As far as I'm aware both instructions have opcode and function code of 0, so how does the computer know which one it's doing?
As Jester says, a MIPS CPU doesn't have to differentiate if it doesn't want to do any special performance optimization. sll $0, $0, 0 already has no architectural effect, since writes to $0 are discarded, and it has no side effects (MIPS has no FLAGS/condition-codes register). So simple hardware can just let it run through the pipeline.
The point of having an agreed-upon nop opcode is that if hardware wants to look for a special case and not even execute it, there's only the one bit-pattern it has to match on, instead of considering every choice of instruction that writes to $0 (except loads which might still fault.)
So developers of compilers / assemblers don't have to guess what nop might be cheapest for some hardware. Things hardware might do include:
nop and sll $t0, $t1, 12 in the same clock cycle, even if it couldn't normally run two shifts in the same cycle.$0, it can be skipped for a nop. (Only plausible for a toy CPU without bypass forwarding, see below.)Even sll $t0, $t0, 0 has no architectural effect because it writes the register with the same value it already had. But it's a worse choice since hazard detection would normally be looking at register reads and writes, so it might lead to a stall, or a longer dependency chain for $t0 on an out-of-order exec MIPS like R10000. If MIPS didn't have a zero register, though, it would be a reasonable choice to agree upon as a NOP, except on MIPS 1 where it wouldn't be safe to put it in the delay slot of a load that wrote $t0.

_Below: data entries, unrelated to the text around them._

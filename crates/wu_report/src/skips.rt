//! The rows of imported files that were skipped, and why.

ghost use Rattle.std.specs.Prelude.{◌≡◌, flat_map, option_map};
ghost use Rattle.wu_report.specs.Texts.{import_detail, report_skip_word, send_skip_word, skip_line, skip_lines, skip_word};
ghost use Rattle.wu_report.specs.Writing.{Prints};

use crate::output::{Piece, Printed, write_pieces};
use std::io::Write;
use wu_core::{Fault, ImportKind};
use wu_rules::{ReportVerdict, SendVerdict};
use wu_views::ImportLine;

/// Returns why a row of sends was skipped, by the number of its verdict; `None` if it was applied.
fn send_skip_word(verdict: u8) -> Option<&'static str>
    ensures { option_map (λ word. word.now) result ≡ send_skip_word verdict }
{
    SendVerdict::from_code(verdict)?.word()
}

/// Returns why a row of reports was skipped, by the number of its verdict; `None` if it was applied.
fn report_skip_word(verdict: u8) -> Option<&'static str>
    ensures { option_map (λ word. word.now) result ≡ report_skip_word verdict }
{
    ReportVerdict::from_code(verdict)?.word()
}

/// Returns why a row of a file of this kind was skipped, by the number of its verdict; `None` if it was applied.
fn skip_word(kind: ImportKind, verdict: u8) -> Option<&'static str>
    ensures { option_map (λ word. word.now) result ≡ skip_word kind verdict }
{
    match kind {
        ImportKind::Sent => send_skip_word(verdict),
        ImportKind::Reported => report_skip_word(verdict),
        ImportKind::Batch | ImportKind::Classes => None,
    }
}

/// Writes the line of a row, if it was skipped.
fn write_skip<W: Write>(out: &mut W, kind: ImportKind, row: u64, verdict: u8) -> Result<(), Fault>
    ensures { Prints W.contents out.old out.new (skip_line (skip_word kind) (row, verdict)) result }
{
    let Some(word) = skip_word(kind, verdict) else {
        return Ok(());
    };
    write_pieces(
        out,
        &[
            Piece::Text("  row "),
            Piece::Number(row),
            Piece::Text(": "),
            Piece::Text(word),
            Piece::Text("\n"),
        ],
    )
}

/// Writes a line for each row of a file of this kind that was skipped. The first row after the header is row 2.
pub fn write_skips<W: Write>(out: &mut W, kind: ImportKind, verdicts: &[u8]) -> Result<(), Fault>
    // With Ok exactly the lines of the skipped rows are written. Else the fault is `Output`, and a
    // part of them is missing.
    ensures { Prints W.contents out.old out.new (skip_lines (skip_word kind) verdicts.now) result }
{
    for (place, verdict) in verdicts.iter().enumerate() {
        write_skip(out, kind, place as u64 + 2, *verdict)?;
    }
    Ok(())
}

/// Writes the line of an import, and a line for each of its rows that was skipped.
fn write_detail<W: Write>(out: &mut W, line: &ImportLine) -> Result<(), Fault>
    ensures { Prints W.contents out.old out.new (import_detail line.now) result }
{
    line.write(out)?;
    write_skips(out, line.kind, line.verdicts.as_slice())
}

/// Writes the lines of these imports in turn, each with those of its skipped rows.
pub fn write_details<W: Write>(out: &mut W, lines: &[ImportLine]) -> Result<(), Fault>
    // With Ok exactly their lines are written. Else the fault is `Output`, and a part of them is
    // missing.
    ensures { Prints W.contents out.old out.new (flat_map import_detail lines.now) result }
{
    for line in lines {
        write_detail(out, line)?;
    }
    Ok(())
}
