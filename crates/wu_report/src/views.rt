//! The views of a project, as text.

ghost use Rattle.std.specs.Prelude.{◌≡◌, flat_map};
ghost use Rattle.wu_report.specs.Seeing.{Sees};
ghost use Rattle.wu_report.specs.Texts.{view_text};
ghost use Rattle.wu_report.specs.Views.{CanBeShown, CountsShown, WritesView};

use crate::lines::write_summary;
use crate::output::{Printed, flush, write_all};
use crate::skips::write_details;
use sqlite::Alter;
use std::alloc::Global;
use std::io::Write;
use wu_core::{Fault, Moment, Name};
use wu_machine::View;
use wu_passes::{Project, Takes};
use wu_views::{
    ArchiveListing, ClassListing, HostListing, ImportListing, Listing, ResultListing,
    WorkunitListing,
};

/// Writes each line that it takes.
#[derive(Drop)]
struct LineWriter<'a, W: Write> {
    out: &'a mut W,
}

impl<T: Printed, W: Write> Takes<T> for LineWriter<'_, W> {
    ghost use Rattle.wu_report.specs.Writers.{CutsLine, WritesLine};

    // A line that it takes went out whole.
    ghost takes = { λ old new line. WritesLine W.Write.contents old new (T.Printed.text line) };

    // A line that it refuses was cut: some of its bytes did not go out.
    ghost refuses = { λ old new line. CutsLine W.Write.contents old new (T.Printed.text line) };

    fn take(&mut self, line: &T) -> Result<(), Fault> {
        line.write(self.out)
    }
}

/// Writes the lines of a listing, each before the next row is asked for. It ends no session.
fn write_listing<S: Alter, L: Listing, W: Write>(
    alloc: Global,
    project: &mut Project<S>,
    out: &mut W,
) -> Result<(), Fault>
where
    L::Item: Printed,
    // Over a world with classes its lines are written, in order: all, or a prefix with a fault, and
    // with `Output` not all of them. The project is only read. Where the values can be read, and
    // steps have no limit, the fault is never `NotAProject`.
    ensures { WritesView W.Write.contents project.old project.new out.old out.new
        (λ world. flat_map L.Item.Printed.text (L.Listing.lines world))
        L.Listing.is_readable result }
{
    let mut writer = LineWriter { out };
    project.walk::<L, LineWriter<'_, W>>(alloc, &mut writer)
}

/// Writes the lines of the summary. Only `Broken` ends the session.
fn write_counts<S: Alter, W: Write>(project: &mut Project<S>, out: &mut W) -> Result<(), Fault>
    // Of a world with classes the lines of its summary are written: all, or a prefix with a fault,
    // and with `Output` not all.
    ensures written { WritesView W.Write.contents project.old project.new out.old out.new
        (λ world. view_text world View.Summary) (λ world. CanBeShown world View.Summary) result }
    // Whatever the tables hold, a summary that is written counts every row of instances and of
    // grants.
    ensures counted { CountsShown W.Write.contents project.old project.new out.old out.new result }
{
    let summary = project.summary()?;
    write_summary(out, &summary)
}

/// Writes what is open at a moment, line by line. Only `Broken` ends the session.
fn write_status<S: Alter, W: Write>(
    alloc: Global,
    project: &mut Project<S>,
    now: Moment,
    out: &mut W,
) -> Result<(), Fault>
    // Of a world with classes the lines of its status are written: all, or a prefix with a fault,
    // and with `Output` not all.
    ensures { WritesView W.Write.contents project.old project.new out.old out.new
        (λ world. view_text world (View.Status now))
        (λ world. CanBeShown world (View.Status now)) result }
{
    let lines = project.status_lines(alloc, now)?;
    write_all(out, lines.as_slice())
}

/// Writes the imports of this name, each with its skipped rows. Only `Broken` ends the session.
fn write_imports<S: Alter, W: Write>(
    alloc: Global,
    project: &mut Project<S>,
    name: &Name,
    out: &mut W,
) -> Result<(), Fault>
    // Of a world with classes the lines of its imports are written: all, or a prefix with a fault,
    // and with `Output` not all.
    ensures { WritesView W.Write.contents project.old project.new out.old out.new
        (λ world. view_text world (View.Import name.now))
        (λ world. CanBeShown world (View.Import name.now)) result }
{
    let lines = project.imports_named(alloc, name)?;
    write_details(out, lines.as_slice())
}

/// Writes the lines of a view.
fn write_view<S: Alter, W: Write>(
    alloc: Global,
    project: &mut Project<S>,
    view: &View,
    out: &mut W,
) -> Result<(), Fault>
    // Of a world with classes the lines of its view are written: all, or a prefix with a fault, and
    // with `Output` not all.
    ensures written { WritesView W.Write.contents project.old project.new out.old out.new
        (λ world. view_text world view.now) (λ world. CanBeShown world view.now) result }
    // Whatever the tables hold, a summary that is written counts every row of instances and of
    // grants.
    ensures counted { view.now ≡ View.Summary
        → CountsShown W.Write.contents project.old project.new out.old out.new result }
{
    match view {
        View::Workunits => write_listing::<S, WorkunitListing, W>(alloc, project, out),
        View::Results => write_listing::<S, ResultListing, W>(alloc, project, out),
        View::Hosts => write_listing::<S, HostListing, W>(alloc, project, out),
        View::Archive => write_listing::<S, ArchiveListing, W>(alloc, project, out),
        View::Summary => write_counts(project, out),
        View::Classes => write_listing::<S, ClassListing, W>(alloc, project, out),
        View::Imports => write_listing::<S, ImportListing, W>(alloc, project, out),
        View::Import(name) => write_imports(alloc, project, name, out),
        View::Status(now) => write_status(alloc, project, *now, out),
    }
}

/// Writes the lines of a view, and flushes after them; no clause speaks of the flush. It commits nothing, and only
/// `Broken` ends the session.
///
/// Over an older version the answer is `OldSchema`, and after the end of a session `Ended`; then nothing is written.
/// With any other fault a prefix of the text may have been written.
pub fn show<S: Alter, W: Write>(
    alloc: Global,
    project: &mut Project<S>,
    view: &View,
    out: &mut W,
) -> Result<(), Fault>
    // The lines of the world's view go out: all, or a prefix with a fault. After the end of a
    // session the answer is `Ended`, and over an older version `OldSchema`; then nothing is
    // written. Any other fault is `Output` or one of the store, and without a limit on steps none
    // is `NotAProject` where the values can be read. The project is only read: a session over a
    // world goes on over it, and nothing is committed. `Broken` alone ends the session, and means
    // that the disk failed in this call, or that the connection was not open. An open connection
    // stays open, except after `Memory` and `Broken`. Whatever the tables hold, a summary counts
    // every row of instances and of grants.
    ensures { Sees W.contents project.old project.new out.old out.new view.now result }
{
    match write_view(alloc, project, view, out) {
        Ok(()) => flush(out),
        Err(fault) => {
            if fault == Fault::Broken {
                project.end_session();
            }
            Err(fault)
        }
    }
}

Are there any possible corner cases with lw $0, (mem) / nop for hardware that didn't try to special-case nop or the zero-register at all, with the zero register discarding writes and reading as zero handled only in the register file?
In that case, it would see an instruction reading a load result in the next instruction. On MIPS I, that gives unpredictable results for the value read since it doesn't stall for that hazard which bypass-forwarding can't handle. (On later MIPS, it stalls; load delay slots aren't architectural, just performance.) Of course the result is eventually just written to the zero register so there's no observable difference.
But if simplistic hardware didn't special case the zero register for bypass forwarding, something like addiu $0, $0, 123 / addi $1, $0, 0 could copy a non-zero value. So a correct MIPS design couldn't be that simplistic, and does have to already special case $zero when doing hazard detection for bypass forwarding, to make sure it doesn't bypass-forward to a read from $0, which is required to always read zero.
A MIPS design that stalls instead of bypass forwarding wouldn't have to special-case $0 in hazard detection, because all values would go through the register file. But that probably wasn't a consideration for MIPS architects because bypass forwarding is essential for good performance in most code.